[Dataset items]
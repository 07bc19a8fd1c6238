// One thread: its frames, and the replies that its instruction got so far.
ghost use Rattle.std.specs.Prelude.{◌≡◌, ◌||◌, ◌++◌, [], ◌∷◌, List, map, IfOk, OnOk};
ghost use Rattle.store_object.specs.Replay.{is_halted, is_improper};
ghost use Rattle.type_tree.specs.declared.tree.TExpr.{TExpr as TheType};
ghost use Rattle.cil_meaning.specs.Threads.{owner_of, method_tree, main_frames, started_frames, frames_in};
ghost use Rattle.il_model.specs.Found.{method_at};
ghost use Rattle.type_inst.specs.Opening.{Extends};
ghost use Rattle.il_model.specs.ClassRules.{HasTypes, EachClass, HasFewSlots};
ghost use Rattle.unshared.specs.Standing.{Arrives};
ghost use Rattle.unshared.specs.Forms.{the_value};
ghost use Rattle.unshared.specs.Growing.{Grown, Grows};
ghost use Rattle.unshared.specs.Listed.{IsOnce, naming_of};
ghost use Rattle.unshared.specs.Standing.{Came, IsFine, Halts, doing, frames_or_none, stands};
ghost use Rattle.unshared.specs.declared.thread.Going.TheVariants as going;
ghost use Rattle.unshared.specs.Acts.{Halts as Left};
ghost use Rattle.unshared.specs.declared.pause.Halt.TheVariants as halt;
ghost use Rattle.unshared.specs.Took.{IsBegun, Took, object_begun, object_started, turn_of};

use crate::calls::alone_in;
use crate::found::method_at;
use crate::frames::Frames;
use crate::instruction::act;
use crate::pause::{Halt, Pause, Replies};
use crate::trees::Trees;
use crate::value::Value;
use il_model::{MethodTree, Program};
use mn_outside::NoMemory;
use sqlite_items::Items;
use std::alloc::Global;
use store_object::{Event, Reply, Request, World};
use type_tree::{Head, TExpr};

/// Whether a thread goes on, is over, or has come to where there is no rule.
#[derive(Clone, Copy)]
pub(crate) enum Going {
    On,
    Over,
    Stuck,
}

/// A thread. While it goes on it stands before an instruction, or before a request of one whose earlier requests got
/// these replies.
#[derive(Drop)]
pub(crate) struct Thread {
    frames: Option<Frames>,
    replies: Vec<Reply>,
    going: Going,
}

/// What a thread's turn came to.
#[derive(Clone, Copy)]
pub(crate) enum Turn {
    /// An instruction that makes no request.
    Quiet,
    /// A request, which starts no thread.
    Asked { event: Event },
    /// A request that started the next thread, which runs an object.
    Started { event: Event, object: u32 },
    /// It was none: there is no rule, or the store refuses the request.
    NoRule,
}

// The class in which the method with a number stands.
fn owner_of(program: &Program, number: u16) -> u16
    ensures { result ≡ owner_of (method_at program.now number) }
{
    match method_at(program, number) {
        Some(definition) => definition.owner,
        None => 0,
    }
}

// A method without type variables, in a class without any.
fn method_tree(alloc: Global, program: &Program, number: u16) -> MethodTree
    ensures { result ≡ method_tree program.now number }
{
    MethodTree {
        method: number,
        class: TExpr::plain(alloc, Head::Class(owner_of(program, number))),
        args: Items::new(alloc),
    }
}

// A thread that begins in a method with these arguments.
#[tactic(auto, using(crate::proofs::Arriving::begun_thread))]
fn thread_in(
    alloc: Global,
    program: &Program,
    number: u16,
    arguments: Vec<Value>,
) -> Result<Thread, NoMemory>
    ensures { IfOk result (λ thread. IsBegun program.now thread (frames_in program.now number (map the_value arguments.items))) }
{
    let method = method_tree(alloc, program, number);
    let frames = alone_in(alloc, program, method, arguments)?;
    Ok(Thread {
        frames,
        replies: Vec::new(alloc),
        going: Going::On,
    })
}

/// Thread 0 at its beginning, in Main.
pub(crate) fn main_thread(alloc: Global, program: &Program) -> Result<Thread, NoMemory>
    ensures { IfOk result (λ thread. IsBegun program.now thread (main_frames program.now)) }
{
    Ok(thread_in(alloc, program, program.main, Vec::new(alloc))?)
}

/// A started thread at its beginning, in the library's entry, with its object.
pub(crate) fn started_thread(
    alloc: Global,
    program: &Program,
    object: u32,
) -> Result<Thread, NoMemory>
    ensures { IfOk result (λ thread. IsBegun program.now thread (started_frames program.now object)) }
{
    let mut arguments = Vec::new(alloc);
    match arguments.push(Value::reference(u64::from(object))) {
        Ok(()) => {}
        Err(_) => return Err(NoMemory),
    }
    Ok(thread_in(alloc, program, 0, arguments)?)
}

// Whether the store refuses a request.
fn is_refused(reply: Reply) -> bool
    ensures { result ≡ (is_halted reply || is_improper reply) }
{
    match reply {
        Reply::Halted => true,
        Reply::Improper => true,
        _ => false,
    }
}

// The object of the thread that a start of it with this reply begins.
fn object_begun(object: u32, reply: Reply) -> Option<u32>
    ensures { result ≡ object_begun object reply }
{
    match reply {
        Reply::Thread(_) => Some(object),
        _ => None,
    }
}

// The object of the thread that a request with its reply begins, if it begins one.
fn object_started(request: Request, reply: Reply) -> Option<u32>
    ensures { result ≡ object_started request reply }
{
    match request {
        Request::Start { object } => object_begun(object, reply),
        _ => None,
    }
}

// The turn in which this was asked and answered.
fn turn_of(event: Event) -> Turn
    ensures { result ≡ turn_of event }
{
    match object_started(event.request, event.reply) {
        Some(object) => Turn::Started { event, object },
        None => Turn::Asked { event },
    }
}

impl Thread {
    // What is left of the instruction with the replies so far: it is done, or why not.
    #[tactic(auto, using(crate::proofs::Arriving::arrives_used, crate::proofs::Arriving::arrives_unused))]
    fn go_on(&mut self, alloc: Global, program: &Program, trees: &mut Trees) -> Result<(), Pause>
        requires types { HasTypes program.now }
        requires slots { EachClass HasFewSlots program.now }
        requires once { IsOnce trees.old.kinds }
        ensures grows { Grows trees.old.kinds trees.new.kinds result }
        ensures acts { (later : List TheType) → Extends trees.new.kinds later →
            Arrives (doing (naming_of later) program.now self.old.frames self.old.replies.items) (frames_or_none self.new.frames) result }
        ensures kept { Halts result self.old.frames self.new.frames }
        ensures replies { self.new.replies ≡ self.old.replies }
        ensures going { self.new.going ≡ self.old.going }
    {
        let Some(frames) = &mut self.frames else {
            return Err(Pause::Halts(Halt::Stuck));
        };
        let mut replies = Replies::of(self.replies.as_slice());
        act(alloc, program, trees, &mut replies, frames)?;
        if replies.are_used() {
            Ok(())
        } else {
            Err(Pause::Halts(Halt::Stuck))
        }
    }

    // The thread after its request got a reply: at the next instruction, before the next request, or over.
    #[tactic(auto, using(crate::proofs::TookLemmas::came_done))]
    fn take(
        &mut self,
        alloc: Global,
        program: &Program,
        trees: &mut Trees,
        reply: Reply,
    ) -> Result<(), NoMemory>
        requires types { HasTypes program.now }
        requires slots { EachClass HasFewSlots program.now }
        requires once { IsOnce trees.old.kinds }
        requires goes { self.old.going ≡ going.On }
        ensures grows { OnOk result (Grown trees.old.kinds trees.new.kinds) }
        ensures came { OnOk result ((later : List TheType) → Extends trees.new.kinds later →
            Came (naming_of later) program.now self.old.frames (self.old.replies.items ++ reply ∷ []) self.new) }
    {
        match self.replies.push(reply) {
            Ok(()) => {}
            Err(_) => return Err(NoMemory),
        }
        match self.go_on(alloc, program, trees) {
            Ok(()) => {
                self.replies.clear();
                Ok(())
            }
            Err(Pause::Halts(Halt::Asks(_))) => Ok(()),
            Err(Pause::Halts(Halt::Over)) => {
                self.going = Going::Over;
                Ok(())
            }
            Err(Pause::Halts(Halt::Stuck)) => {
                self.going = Going::Stuck;
                Ok(())
            }
            Err(Pause::Halts(Halt::Unnamed)) => Err(NoMemory),
            Err(Pause::NoMemory) => Err(NoMemory),
        }
    }

    // Makes the request before which the thread stands, and goes on with the reply.
    fn speak(
        &mut self,
        alloc: Global,
        program: &Program,
        trees: &mut Trees,
        world: &mut World,
        thread: u32,
        request: Request,
    ) -> Result<Turn, NoMemory>
        requires types { HasTypes program.now }
        requires slots { EachClass HasFewSlots program.now }
        requires once { IsOnce trees.old.kinds }
        requires goes { self.old.going ≡ going.On }
        requires fine { (later : List TheType) → Extends trees.old.kinds later → IsFine (naming_of later) program.now self.old }
        requires asks { (later : List TheType) → Extends trees.old.kinds later → Left (doing (naming_of later) program.now self.old.frames self.old.replies.items) (halt.Asks request) }
        ensures grows { OnOk result (Grown trees.old.kinds trees.new.kinds) }
        ensures fine { OnOk result ((later : List TheType) → Extends trees.new.kinds later → IsFine (naming_of later) program.now self.new) }
        ensures took { IfOk result (λ turn. (later : List TheType) → Extends trees.new.kinds later →
            Took (naming_of later) program.now thread world.old.history (stands (naming_of later) program.now self.old) (stands (naming_of later) program.now self.new) world.new.history turn) }
    {
        world.reserve()?;
        let reply = world.ask(thread, request)?;
        if is_refused(reply) {
            return Ok(Turn::NoRule);
        }
        self.take(alloc, program, trees, reply)?;
        Ok(turn_of(Event {
            thread,
            request,
            reply,
        }))
    }

    /// One turn of the thread with a number: a request, with what is silent after it, or an instruction that makes none.
    pub(crate) fn turn(
        &mut self,
        alloc: Global,
        program: &Program,
        trees: &mut Trees,
        world: &mut World,
        thread: u32,
    ) -> Result<Turn, NoMemory>
        requires types { HasTypes program.now }
        requires slots { EachClass HasFewSlots program.now }
        requires once { IsOnce trees.old.kinds }
        requires fine { (later : List TheType) → Extends trees.old.kinds later → IsFine (naming_of later) program.now self.old }
        ensures grows { OnOk result (Grown trees.old.kinds trees.new.kinds) }
        ensures fine { OnOk result ((later : List TheType) → Extends trees.new.kinds later → IsFine (naming_of later) program.now self.new) }
        ensures took { IfOk result (λ turn. (later : List TheType) → Extends trees.new.kinds later →
            Took (naming_of later) program.now thread world.old.history (stands (naming_of later) program.now self.old) (stands (naming_of later) program.now self.new) world.new.history turn) }
    {
        match self.going {
            Going::On => {}
            Going::Over => return Ok(Turn::NoRule),
            Going::Stuck => return Ok(Turn::NoRule),
        }
        match self.go_on(alloc, program, trees) {
            Ok(()) => Ok(Turn::Quiet),
            Err(Pause::Halts(Halt::Asks(request))) => {
                Ok(self.speak(alloc, program, trees, world, thread, request)?)
            }
            Err(Pause::Halts(Halt::Over)) => {
                self.going = Going::Over;
                Ok(Turn::NoRule)
            }
            Err(Pause::Halts(Halt::Stuck)) => {
                self.going = Going::Stuck;
                Ok(Turn::NoRule)
            }
            Err(Pause::Halts(Halt::Unnamed)) => Err(NoMemory),
            Err(Pause::NoMemory) => Err(NoMemory),
        }
    }
}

#### EXERCISE DIRECTIONS:
What is needed is the number of lines in the data that hold the word "true", with nothing added.

#### SOLUTION:
2